_EXERCISE AIM_: The expected answer is every line of the material that contains the word "IsWholeNumber".

------------------------------------

//! Laws of the tests that are written: they are sound, and they are read as tests of the columns.

ghost use Rattle.std.specs.Prelude.{◌≡◌, ℕ, ℤ, true, false, List, Some};
ghost use Rattle.std.specs.Str.{all_scalars};
ghost use Rattle.event_schema.specs.declared.schema.Field.{Field};
ghost use Rattle.event_schema.specs.Events.{IsPlainText, IsWholeNumber};
ghost use Rattle.sql_lang.specs.Tokens.{Op};
ghost use Rattle.sql_lang.specs.Grammar.{Collate, Unsaid};
ghost use Rattle.sql_lang.specs.Names.{column_of};
ghost use Rattle.sql_lang.specs.Expression.{Test, test_of};
ghost use Rattle.sql_lang.specs.Faults.{whole, not_whole, unknown, is_bad_like, is_bad_glob};
ghost use Rattle.sql_layout.specs.Trees.{IsSound};
ghost use Rattle.sql_layout.specs.Leaves.{has_value, has_no_value, never, equals_text, compares_number, equals_field, fits_like, fits_glob};
ghost use Rattle.sql_lang.specs.ColumnTests.{value_test, no_value_test, text_test, number_test, column_test, like_test, glob_test};

/// Each leaf is sound where its names are fields of fitting kinds, its texts have no U+0000 and its
/// patterns are right.
pub fn leaves_are_sound()
    ensures value { (fields : List Field) (field : List ℕ) → all_scalars field ≡ true
        → unknown fields field ≡ false
        → IsSound fields (has_value field) }
    ensures no_value { (fields : List Field) (field : List ℕ) → all_scalars field ≡ true
        → unknown fields field ≡ false
        → IsSound fields (has_no_value field) }
    ensures never { (fields : List Field) → IsSound fields never }
    ensures text { (fields : List Field) (field value : List ℕ) (c : Collate)
        → all_scalars field ≡ true → IsPlainText value
        → not_whole fields field ≡ true → IsSound fields (equals_text field value c) }
    ensures number { (fields : List Field) (field : List ℕ) (op : Op) (z : ℤ)
        → all_scalars field ≡ true → IsWholeNumber z
        → whole fields field ≡ true → IsSound fields (compares_number field op z) }
    ensures texts { (fields : List Field) (field other : List ℕ) (c : Collate)
        → all_scalars field ≡ true → all_scalars other ≡ true
        → not_whole fields field ≡ true → not_whole fields other ≡ true
        → IsSound fields (equals_field field other c) }
    ensures wholes { (fields : List Field) (field other : List ℕ) → all_scalars field ≡ true
        → all_scalars other ≡ true
        → whole fields field ≡ true → whole fields other ≡ true
        → IsSound fields (equals_field field other Unsaid) }
    ensures like { (fields : List Field) (field pattern : List ℕ) → all_scalars field ≡ true
        → IsPlainText pattern
        → unknown fields field ≡ false → is_bad_like 92 pattern ≡ false
        → IsSound fields (fits_like field pattern) }
    ensures glob { (fields : List Field) (field pattern : List ℕ) → all_scalars field ≡ true
        → IsPlainText pattern
        → unknown fields field ≡ false → is_bad_glob pattern ≡ false
        → IsSound fields (fits_glob field pattern) }
{}

/// Each leaf is read as the test of its field's column.
pub fn leaves_are_read()
    ensures value { (fields : List Field) (field : List ℕ) (k : ℕ) → column_of fields field ≡ Some k
        → Test (test_of fields (has_value field)) ≡ value_test k }
    ensures no_value { (fields : List Field) (field : List ℕ) (k : ℕ)
        → column_of fields field ≡ Some k
        → Test (test_of fields (has_no_value field)) ≡ no_value_test k }
    ensures text { (fields : List Field) (field value : List ℕ) (c : Collate) (k : ℕ)
        → column_of fields field ≡ Some k
        → Test (test_of fields (equals_text field value c)) ≡ text_test k value c }
    ensures number { (fields : List Field) (field : List ℕ) (op : Op) (z : ℤ) (k : ℕ)
        → column_of fields field ≡ Some k → IsWholeNumber z
        → Test (test_of fields (compares_number field op z)) ≡ number_test k op z }
    ensures fields { (fields : List Field) (field other : List ℕ) (c : Collate) (k m : ℕ)
        → column_of fields field ≡ Some k
        → column_of fields other ≡ Some m
        → Test (test_of fields (equals_field field other c)) ≡ column_test k m c }
    ensures like { (fields : List Field) (field pattern : List ℕ) (k : ℕ)
        → column_of fields field ≡ Some k
        → Test (test_of fields (fits_like field pattern)) ≡ like_test k pattern }
    ensures glob { (fields : List Field) (field pattern : List ℕ) (k : ℕ)
        → column_of fields field ≡ Some k
        → Test (test_of fields (fits_glob field pattern)) ≡ glob_test k pattern }
{}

------------------------------------

_ANSWER SPACE_:
ghost use Rattle.event_schema.specs.Events.{IsPlainText, IsWholeNumber};
        → all_scalars field ≡ true → IsWholeNumber z
        → column_of fields field ≡ Some k → IsWholeNumber z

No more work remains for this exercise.